Translation:That bike is impossible to use.

August 9, 2015

16 Comments


https://www.duolingo.com/profile/fouad899633

Can someone please give me an example using (bruke) as (spend).


https://www.duolingo.com/profile/JenniferTauber

å bruke penger = to spend money. e.g. "Jeg bruker mye penger på mat" = "I spend a lot of money on food"


https://www.duolingo.com/profile/GooseyJen

Am I the only one who can't hear the difference between "og" and "å"?


https://www.duolingo.com/profile/JenniferTauber

You shouldn't be able to, they're pronounced exactly the same. Most of the time it is clear which is meant from the context


https://www.duolingo.com/profile/LadyCailin

Why is it not "Den sykkel" instead of "Den sykkelen"?


https://www.duolingo.com/profile/JenniferTauber

Norwegian has double definiteness. When you use 'den'/'det'/'de' (that/those) in front of a noun you also have to put the noun in the definite.

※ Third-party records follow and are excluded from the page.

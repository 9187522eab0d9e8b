//! What a task asks of its files and streams.

use crate::batch::Batch;
use crate::bounds::FileRules;
use crate::files::MachineFiles;
use crate::held::LockableFiles;
use crate::output::Outputs;
use cpm_host::{RunTask, Task};
use std::alloc::{AllocError, Global};

/// The folder of a service, if it has one.
pub fn folders_of<'a>(alloc: Global, task: &Task<'a>) -> Result<Vec<&'a str>, AllocError> {
    let mut folders = Vec::new(alloc);
    if let Task::Serve(task) = task
        && let Some(folder) = task.folder
    {
        folders.push(folder)?;
    }
    Ok(folders)
}

/// The files of a task.
pub fn files_of<'a, R: LockableFiles>(
    rt: &'a R,
    outputs: Outputs,
    task: &'a Task<'_>,
) -> MachineFiles<'a, R> {
    let (rules, shows_controls) = match task {
        Task::Com(task) | Task::Boot(task) => {
            (FileRules::of_program(task.is_live), !task.is_raw)
        }
        Task::Run(task) => (rules_of(task), !task.is_raw),
        _ => return MachineFiles::plain(rt, outputs),
    };
    MachineFiles::new(
        rt,
        outputs,
        rules,
        shows_controls,
        Batch::of_played(rt, outputs),
    )
}

/// Where the files of a run may lie.
fn rules_of<'a>(task: &'a RunTask<'_>) -> FileRules<'a> {
    FileRules {
        folders: &task.folders,
        has_outputs_here: task.has_outputs_here,
        scripts: task.scripts,
        is_typed_at: task.keyboard.is_some(),
        waits_for_others: true,
    }
}

/// The file for what is typed, if there is one.
pub fn record_of<'a>(task: &'a Task<'_>) -> Option<&'a str> {
    match task {
        Task::Com(task) | Task::Boot(task) => task.record,
        Task::Run(task) => task.record,
        _ => None,
    }
}

/// Whether a task has the option that control bytes of a program go to a terminal as they are.
pub fn takes_raw(task: &Task<'_>) -> bool {
    matches!(task, Task::Com(_) | Task::Boot(_) | Task::Run(_))
}

/// Whether one types at disks that are written nowhere, nor saved. (The blank one of a program that has no other is hardly missed.)
pub fn drops_disks(task: &Task<'_>) -> bool {
    match task {
        Task::Com(task) | Task::Boot(task) => {
            let has_disks = task.file.is_none() || !task.drives.is_empty();
            let is_kept = !task.outs.is_empty()
                || !task.out_folders.is_empty()
                || task.save.is_some();
            task.is_live && has_disks && !is_kept
        }
        _ => false,
    }
}

/// Whether control bytes of a program go to a terminal as they are.
pub fn is_raw(task: &Task<'_>) -> bool {
    match task {
        Task::Com(task) | Task::Boot(task) => task.is_raw,
        Task::Run(task) => task.is_raw,
        _ => false,
    }
}

/// Whether it is told how far it has come.
pub fn has_progress(task: &Task<'_>) -> bool {
    match task {
        Task::Com(task) | Task::Boot(task) => task.has_progress,
        Task::Run(task) => task.has_progress,
        _ => false,
    }
}

/// How many thousand steps pass in a second at most of a program.
pub fn pace_of_program(task: &Task<'_>) -> Option<u64> {
    match task {
        Task::Com(task) | Task::Boot(task) => task.pace,
        _ => None,
    }
}

/// How many pass in a second at most where one types.
pub fn pace_of(task: &Task<'_>) -> Option<u64> {
    match task {
        Task::Run(task) => task.pace,
        _ => pace_of_program(task),
    }
}
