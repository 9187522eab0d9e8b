//! The folder of a service with its journal, or with none.
ghost use Rattle.std.specs.Prelude.{⊤, ◌≡◌, IsOk, None};

use crate::files::unwritable;
use crate::held::LockableFiles;
use crate::journal::{JournalFile, check_apart, journal_of_savings, new_journal, resumed_journal};
use crate::output::Outputs;
use crate::service_folder::ServiceFolder;
use cpm_commands::ServedFolder;
use cpm_host::{HostError, ServeTask};
use cpm_serve::{Folder, FolderError, KeptFolder, Server};
use cpm_slots::{Host, SlotId};
use cpm_store::Output;
use serde_json::Value;
use std::alloc::Global;

/// The folder that a service has, or none, and the journal in which it keeps what changes its host, or none.
#[derive(Drop)]
pub struct JournalFolder<'a, R: LockableFiles> {
    rt: &'a R,
    outputs: Outputs,
    folders: &'a [&'a str],
    kept: KeptFolder<ServiceFolder<'a, R>, JournalFile>,
}

impl<'a, R: LockableFiles> JournalFolder<'a, R> {
    /// The folder of this name, or none, without a journal.
    pub fn new(rt: &'a R, outputs: Outputs, folders: &'a [&'a str]) -> JournalFolder<'a, R> {
        JournalFolder {
            rt,
            outputs,
            folders,
            kept: KeptFolder {
                folder: ServiceFolder::new(rt, outputs, folders),
                journal: JournalFile::none(),
            },
        }
    }

    /// The journal that a task asks for, begun or gone on with.
    fn journal_of(
        &self,
        task: &ServeTask<'_>,
        server: &mut Server,
    ) -> Result<JournalFile, HostError>
        ensures plain { task.now.journal ≡ None → task.now.resume ≡ None → IsOk result }
        ensures new { task.now.resume ≡ None → server.new ≡ server.old }
    {
        let (rt, outputs) = (self.rt, self.outputs);
        match (task.journal, task.resume) {
            (Some(name), _) => {
                check_apart(rt, name, self.folders)?;
                new_journal(rt, outputs, name, server)
            }
            (None, Some(name)) => {
                check_apart(rt, name, self.folders)?;
                let resumed = resumed_journal(rt, name, server)?;
                if !task.is_compact {
                    return Ok(resumed);
                }
                journal_of_savings(rt, outputs, name, server)
            }
            (None, None) => Ok(JournalFile::none()),
        }
    }
}

impl<R: LockableFiles> Folder for JournalFolder<'_, R> {
    // As of the folder itself.
    ghost does = { λ _ _ _. ⊤ };

    fn read(&mut self, alloc: Global, name: &str) -> Result<Vec<u8>, FolderError> {
        self.kept.read(alloc, name)
    }

    fn hold(&mut self, alloc: Global, name: &str) -> Result<Vec<u8>, FolderError> {
        self.kept.hold(alloc, name)
    }

    fn write(&mut self, files: &[Output<'_>]) -> Result<(), FolderError> {
        self.kept.write(files)
    }

    fn release(&mut self) {
        self.kept.release()
    }

    fn keep(&mut self, alloc: Global, request: &Value) -> Result<(), FolderError> {
        if !self.kept.journal.is_there() {
            return Ok(());
        }
        self.kept.keep(alloc, request)
    }

    fn keep_closed(&mut self, alloc: Global, slot: u64) -> Result<(), FolderError> {
        if !self.kept.journal.is_there() {
            return Ok(());
        }
        self.kept.keep_closed(alloc, slot)
    }

    fn keep_opened(
        &mut self,
        alloc: Global,
        host: &mut Host,
        slot: SlotId,
    ) -> Result<(), FolderError> {
        if !self.kept.journal.is_there() {
            return Ok(());
        }
        self.kept.keep_opened(alloc, host, slot)
    }
}

impl<R: LockableFiles> ServedFolder for JournalFolder<'_, R> {
    // Nothing can be said of what the file of a journal holds. Where none is gone on with, the host that is served is the new one. Where none is named,
    // nothing is refused.
    ghost begins = { λ _ task made resumed e _. task.resume ≡ None → (resumed ≡ made) × (task.journal ≡ None → e ≡ None) };

    fn begin(
        &mut self,
        _alloc: Global,
        task: &ServeTask<'_>,
        server: &mut Server,
    ) -> Result<(), HostError> {
        self.kept.journal = self.journal_of(task, server)?;
        Ok(())
    }

    fn unkept(&self, task: &ServeTask<'_>) -> HostError {
        match task.journal.or(task.resume) {
            Some(name) => unwritable(name, self.kept.journal.fault()),
            None => HostError::JournalUnwritable,
        }
    }
}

https://www.duolingo.com/profile/Juleuh

No idea if it's related to South Park but that sentence reminds me the Wild Wacky action bike : https://www.youtube.com/watch?v=YVfzWpmyXXk


https://www.duolingo.com/profile/7bubble7

"This" doesnt work


https://www.duolingo.com/profile/SamHelland

This bike=denne sykklen


https://www.duolingo.com/profile/seventwelve81

"Bruke" sounds like "brukYE" to me. Am I hearing things?


https://www.duolingo.com/profile/mprdo

Even after 8 full sentence playbacks, at regular speed, I cannot hear the "L" in "sykkelen". But when I hover/select the word alone it's very clear. 10Sept17


https://www.duolingo.com/profile/JenniferTauber

At regular speed the 'e's are silent so it sounds like sykkln


https://www.duolingo.com/profile/Zaphid

"the bike is impossible to use" is wrong, is it really that big of a difference ? I understand that norwegian grammar makes a big deal out of it, but I find the and that almost interchangeable in english


https://www.duolingo.com/profile/JenniferTauber

There are certainly cases in English where they are not interchangeable. For example, you could say 'My bike is easy to use, but that bike is impossible to use' whereas it would be strange to say 'My bike is easy to use, but the bike is impossible to use'


https://www.duolingo.com/profile/ChocolateCactus

I'm with you. Without any context, if there is a single bike sitting there, it makes perfect sense to say "the bike is impossible to use." I think that either should be correct, but I'm just a lowly level 8.


https://www.duolingo.com/profile/JenniferTauber

"The bike is impossible to use" is a legitimate English sentence, but it's not what the Norwegian sentence means. "Sykkelen" = "The bicycle", "Den sykkelen" = "That bicycle". So "The bike is impossible to use" would be "Sykkelen er umulig å bruke"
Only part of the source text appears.